The Annex's Saturday morning market at Bloor Street United Church — a compact, high-quality selection of organic produce, artisan preserves, and baked goods that has become a weekly ritual for the bookish Annex neighbourhood.
Neighbourhood: The Annex · Address: 300 Bloor St W, Toronto, ON · Hours: May–Nov | Saturdays 9am–1pm
Why Visit
Every Saturday, you'll find a curated selection of organic Ontario farm produce, hard-to-find jams, and freshly baked pastries, all under the shade of a century-old church. The small size means regulars chat with vendors and get first pick of in-season specialties.
What Makes It Unique
Unlike larger city markets, this spot draws a devoted mix of local regulars and university students, creating a low-key, neighbourly feel that isn’t crowded or commercialized. Its focus is on organic goods and quality over quantity, with vendors who often remember your name and your usual order. Here, you’ll actually interact with producers rather than employees.
If you want to see a very Annex version of a Saturday morning, go to the Bloor Annex Farmers Market. It sets up at Bloor Street United Church from May through November, every Saturday from 9am to 1pm, and it feels less like an event and more like a neighbourhood habit. People show up with canvas totes, dogs, bike helmets, and a coffee already in hand. It’s not a huge market, and that’s part of the appeal. You’re not wandering forever or fighting through crowds for novelty snacks. It’s compact, focused, and full of things people actually buy every week.
The produce is the main draw: seasonal, carefully grown, and usually the kind of organic vegetables that make even a simple lunch feel more thought-out than it really is. In spring you’ll see greens and herbs everywhere; later in the season, tomatoes, beans, carrots, apples, and all the stuff that makes Toronto’s short market season feel worth waiting for. Vendors tend to know their regulars, and if you ask what’s best that week, you’ll get a real answer instead of a sales pitch. It’s a good place to pick up food for the next couple of days rather than doing a giant stock-up.

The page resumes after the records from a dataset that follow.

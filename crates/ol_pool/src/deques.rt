//! The invariant of a hand's deque: no cell is lost or given twice, and each cell is below the same
//! bound.
use crossbeam_deque::protocol::{Outcome, Protocol, Split};
use crossbeam_deque::{Pass, Stealer, Worker};
use std::alloc::Global;
use std::collections::LinkedList;

// What a pass knows: how far the deque has been made ready, the bound of its cells, the pass's
// parts of the right to know the whole, and the cells that it put and was given. No value of it is
// made.
pub struct Log {
    pub stage: u8,
    pub bound: u32,
    pub parts: u8,
    pub sent: LinkedList<u32>,
    pub given: LinkedList<u32>,
}

// The rule of a deque.
pub struct Fair;

impl Protocol<u32, Log> for Fair {
    ghost use Rattle.ol_pool.specs.Deques.{untold, Kept};

    ghost holds = { Kept };

    ghost first = { untold };

    ghost guest = { untold };
}

// The step that puts the bound of all cells, before there is a cell.
pub(crate) struct Tells;

impl Outcome<u32, Log> for Tells {
    ghost use Rattle.std.specs.Prelude.{◌≡◌, slice_index};
    ghost use Rattle.ol_pool.specs.Deques.{told};

    ghost then = { λ v xs w. w ≡ told (slice_index xs 0) };
}

// The step that takes the bound out again.
pub(crate) struct Opens;

impl Outcome<u32, Log> for Opens {
    ghost use Rattle.std.specs.Prelude.{◌≡◌, ◌≢◌};
    ghost use Rattle.ol_pool.specs.Deques.{opened};

    ghost then = { λ v xs w. w ≡ opened v.bound };

    ghost empty = { λ v. v.stage ≢ 1 };
}

// A step that put cells.
pub(crate) struct Puts;

impl Outcome<u32, Log> for Puts {
    ghost use Rattle.std.specs.Prelude.{◌≡◌};
    ghost use Rattle.ol_pool.specs.Deques.{puts};

    ghost then = { λ v xs w. w ≡ puts v xs };
}

// A step that was given cells.
pub(crate) struct Gets;

impl Outcome<u32, Log> for Gets {
    ghost use Rattle.std.specs.Prelude.{◌≡◌};
    ghost use Rattle.ol_pool.specs.Deques.{gets, AllBelow};

    ghost then = { λ v xs w. (w ≡ gets v xs) × AllBelow v.bound xs };
}

// A pass for another hand.
pub(crate) struct Lends;

impl Split<Log> for Lends {
    ghost use Rattle.ol_pool.specs.Deques.{lends, lent};

    ghost left = { lends };

    ghost right = { λ v. lent v.bound };
}

pub(crate) type Owner = Worker<u32, Global, Log, Fair>;

pub(crate) type Thief = Stealer<u32, Global, Log, Fair>;

pub(crate) type Access = Pass<u32, Log>;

There are usually artisan preserves and baked goods that are very hard to leave alone. Think jars of jam you convince yourself are for toast but somehow end up in dessert, plus loaves, pastries, and cookies that make an immediate breakfast upgrade. The whole thing has a practical, lived-in feel. Parents are buying fruit, students are grabbing bread, older Annex residents are chatting with stallholders they’ve known for years. And because it’s The Annex, there’s often a faint academic energy to the crowd: lots of linen, a few literary tote bags, and the sense that half the people here will be in a bookstore within the hour.
That’s exactly what you should do, by the way. The ideal move is to get there on the earlier side, around 9 or 9:30, before the best baked goods start disappearing. Grab what looks good, then walk along Bloor. Balfour Books and BMV are close enough to turn the whole morning into a perfect local routine: vegetables in one hand, secondhand paperback in the other. If the weather’s nice, it’s one of those Saturdays that makes the city feel especially easy to live in.
Transit is simple. Either Spadina or Bathurst Station on Line 2 works, and from either one it’s an easy walk to 300 Bloor Street West. Admission is free, obviously, and you don’t need a big plan. Just bring a bag, maybe some cash in case a vendor prefers it, though most take cards now. Don’t expect a sprawling destination market with entertainment and endless stalls. That’s not what this is. It’s better than that in its own way: reliable, neighbourly, and exactly the sort of place you end up returning to if you’re in the area on a Saturday.